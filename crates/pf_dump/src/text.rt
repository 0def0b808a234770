//! The text of a path.

ghost use Rattle.std.specs.Prelude.{◌≡◌, ◌++◌, IfOk, OnOk, map, option_map, string_bytes};
ghost use Rattle.std.specs.Option.{option_copied};
ghost use Rattle.pf_rules.specs.Seen.{heading_of, rule_of, target_of};
ghost use Rattle.pf_show.specs.Shown.{line, table_parts};
ghost use Rattle.pf_dump.specs.Written as text;
ghost use Rattle.pf_dump.specs.Written.{defined, table_text, table_text_if, tables_text, heading_in, block_name, is_on};
ghost use Rattle.pf_dump.specs.Written.{heading_text, rules_text};
ghost use Rattle.pf_dump.specs.Written.{path_text};
ghost use Rattle.pf_dump.specs.inner.Seen.{opens_of};

use crate::Made;
use crate::same_rules::same_names;
use pf_config::{Config, Table, joined};
use pf_rules::{AnchorHeading, Item, Name, TableEntry};
use pf_show::{SkipLine, TableLine, show_items};
use std::alloc::Global;
use std::slice;

/// How deep rulesets are in one another at most: a path has at most 8 names.
const DEPTH: u32 = 10;

/// What a rule opens: nothing, or a block that no command names, of an unnamed one with its name.
type Opens<'c> = Option<Option<&'c Name>>;

/// Puts the line that defines a table with these entries behind the text.
fn push_line<'a>(
    out: &mut String,
    name: &'a str,
    table: &Table,
    entries: Option<&'a [TableEntry]>,
) -> Made<()>
    ensures { OnOk result (string_bytes out.new ≡ string_bytes out.old
        ++ line (table_parts (defined name.entry.now table.now (option_map (λ v. v.now) entries.entry)))) }
{
    let line = TableLine {
        name,
        persist: table.persist(),
        is_const: table.is_const(),
        entries,
    };
    write!(out, "{line}")
}

/// Puts the line that defines a table behind the text, with its entries if they are listed.
fn push_table(out: &mut String, name: &str, table: &Table, is_listed: bool) -> Made<()>
    ensures { OnOk result (string_bytes out.new ≡ string_bytes out.old ++ table_text is_listed name.now table.now) }
{
    if is_listed {
        let entries = table.gathered(*out.allocator())?;
        return push_line(out, name, table, Some(&entries));
    }
    push_line(out, name, table, None)
}

/// Puts the lines that define the tables of a path behind the text.
fn push_tables(out: &mut String, config: &Config, path: &[Name], is_listed: bool) -> Made<()>
    ensures { OnOk result (string_bytes out.new ≡ string_bytes out.old ++ tables_text is_listed config.now path.now) }
{
    let names = config.table_names(path)?;
    for name in &names {
        if let Some(table) = config.table(path, name) {
            push_table(out, name, table, is_listed)?;
        }
    }
    Ok(())
}

/// The anchor rule that a rule is.
#[tactic(auto, using(crate::proofs::Items::anchor_rule))]
fn heading_in(item: &Item) -> Option<&AnchorHeading>
    ensures { option_map (λ h. heading_of h.now) result ≡ heading_in (rule_of item.now) }
{
    match item {
        Item::Filter(_) => None,
        Item::Anchor(anchor) => Some(&anchor.heading),
    }
}

/// The name, if the target is the unnamed block of this number.
fn block_name<'c>(
    alloc: Global,
    heading: &'c AnchorHeading,
    number: usize,
) -> Made<Option<&'c Name>>
    ensures { IfOk result (λ o. option_copied o ≡ block_name (target_of heading.now.target) number) }
{
    match heading.target.names.as_slice() {
        [own] if !heading.target.children => {
            let name = format!(in alloc; "_{number}")?;
            Ok((own.as_bytes() == name.as_bytes()).then(|| own))
        }
        _ => Ok(None),
    }
}

/// Whether a rule is an anchor rule on these names themselves.
fn is_on(item: &Item, names: &[Name]) -> bool
    ensures { result ≡ is_on names.now (heading_in (rule_of item.now)) }
{
    heading_in(item).is_some_and(|heading| {
        !heading.target.children && same_names(&heading.target.names, names)
    })
}

/// Whether one of the rules is an anchor rule on these names themselves.
fn has_target(items: &[Item], names: &[Name]) -> bool
    ensures { result ≡ text.has_target names.now (map rule_of items.now) }
{
    items.iter().any(|item| is_on(item, names))
}

/// What a rule opens, with the rules before it; the number is the next unnamed block's. On a hidden path a rule that is
/// the first on its anchor carries the anchor's rules.
fn opened_by<'c>(
    alloc: Global,
    config: &Config,
    path: &[Name],
    is_hidden: bool,
    before: &[Item],
    item: &'c Item,
    number: usize,
) -> Made<Opens<'c>>
    ensures { IfOk result (λ o. opens_of o ≡ text.opens config.now path.now is_hidden (map rule_of before.now) number
        (heading_in (rule_of item.now))) }
{
    let Some(heading) = heading_in(item) else {
        return Ok(None);
    };
    if let Some(name) = block_name(alloc, heading, number)? {
        return Ok(Some(Some(name)));
    }
    if !is_hidden || heading.target.children || has_target(before, &heading.target.names) {
        return Ok(None);
    }
    let below = joined(alloc, path, &heading.target.names)?;
    let has_rules = !config.items(&below).is_empty();
    Ok(has_rules.then(|| None))
}

/// Puts an anchor rule's line behind the text, without the name of an unnamed block.
fn push_heading(out: &mut String, unnamed: Option<&Name>, line: &str) -> Made<()>
    ensures { OnOk result (string_bytes out.new
        ≡ string_bytes out.old ++ heading_text (option_copied unnamed.entry) line.now) }
{
    let Some(name) = unnamed else {
        return out.push_str(line);
    };
    let text = name.as_str();
    let front = format!(in *out.allocator(); "anchor \"{text}\"")?;
    match line.strip_prefix(front.as_str()) {
        Some(rest) => write!(out, "anchor{rest}"),
        None => out.push_str(line),
    }
}

/// The path below which a rule's block is.
fn below(alloc: Global, path: &[Name], item: &Item) -> Made<Vec<Name>>
    ensures { IfOk result (λ v. v.items ≡ path.now ++ text.names_in (heading_in (rule_of item.now))) }
{
    match heading_in(item) {
        Some(heading) => joined(alloc, path, &heading.target.names),
        None => joined(alloc, path, &[]),
    }
}

/// Puts the rules of a path behind the text, with the blocks that no command names, down to a depth.
#[tactic(auto, using(crate::proofs::Rules::deeper, crate::proofs::Rules::line_one))]
fn push_rules(
    out: &mut String,
    config: &Config,
    path: &[Name],
    is_hidden: bool,
    depth: u32,
) -> Made<()>
    ensures { OnOk result (string_bytes out.new
        ≡ string_bytes out.old ++ rules_text depth is_hidden config.now path.now) }
{
    if depth == 0 {
        return Ok(());
    }
    let alloc = *out.allocator();
    let items = config.items(path);
    let mut number = 1usize;
    for at in 0..items.len() {
        let item = &items[at];
        let line = show_items(alloc, slice::from_ref(item))?;
        let opens = opened_by(alloc, config, path, is_hidden, &items[..at], item, number)?;
        number += usize::from(matches!(opens, Some(Some(_))));
        match opens {
            None => out.push_str(line.as_str())?,
            Some(unnamed) => {
                push_heading(out, unnamed, line.as_str().trim_end())?;
                out.push_str(" {\n")?;
                let inner = below(alloc, path, item)?;
                push_rules(out, config, &inner, true, depth - 1)?;
                out.push_str("}\n")?;
            }
        }
    }
    Ok(())
}

/// Puts the text of a path behind another, as `pfctl -a PATH -f -` reads it: the skipped interfaces of main, the tables
/// with their flags and, if they are listed, their entries, and the rules with the blocks that no command names.
pub(crate) fn push_text(
    out: &mut String,
    config: &Config,
    path: &[Name],
    is_listed: bool,
) -> Made<()>
    ensures { OnOk result (string_bytes out.new ≡ string_bytes out.old ++ path_text is_listed config.now path.now) }
{
    if path.is_empty() {
        write!(out, "{}", SkipLine(config.skip()))?;
    }
    push_tables(out, config, path, is_listed)?;
    push_rules(out, config, path, false, DEPTH)
}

== Task objective ==
The response should be the listing above, limited to the lines between the one holding "that a rule is." and the one holding "of this number.", inclusive, reproduced exactly.

== Response box ==
/// The anchor rule that a rule is.
#[tactic(auto, using(crate::proofs::Items::anchor_rule))]
fn heading_in(item: &Item) -> Option<&AnchorHeading>
    ensures { option_map (λ h. heading_of h.now) result ≡ heading_in (rule_of item.now) }
{
    match item {
        Item::Filter(_) => None,
        Item::Anchor(anchor) => Some(&anchor.heading),
    }
}

/// The name, if the target is the unnamed block of this number.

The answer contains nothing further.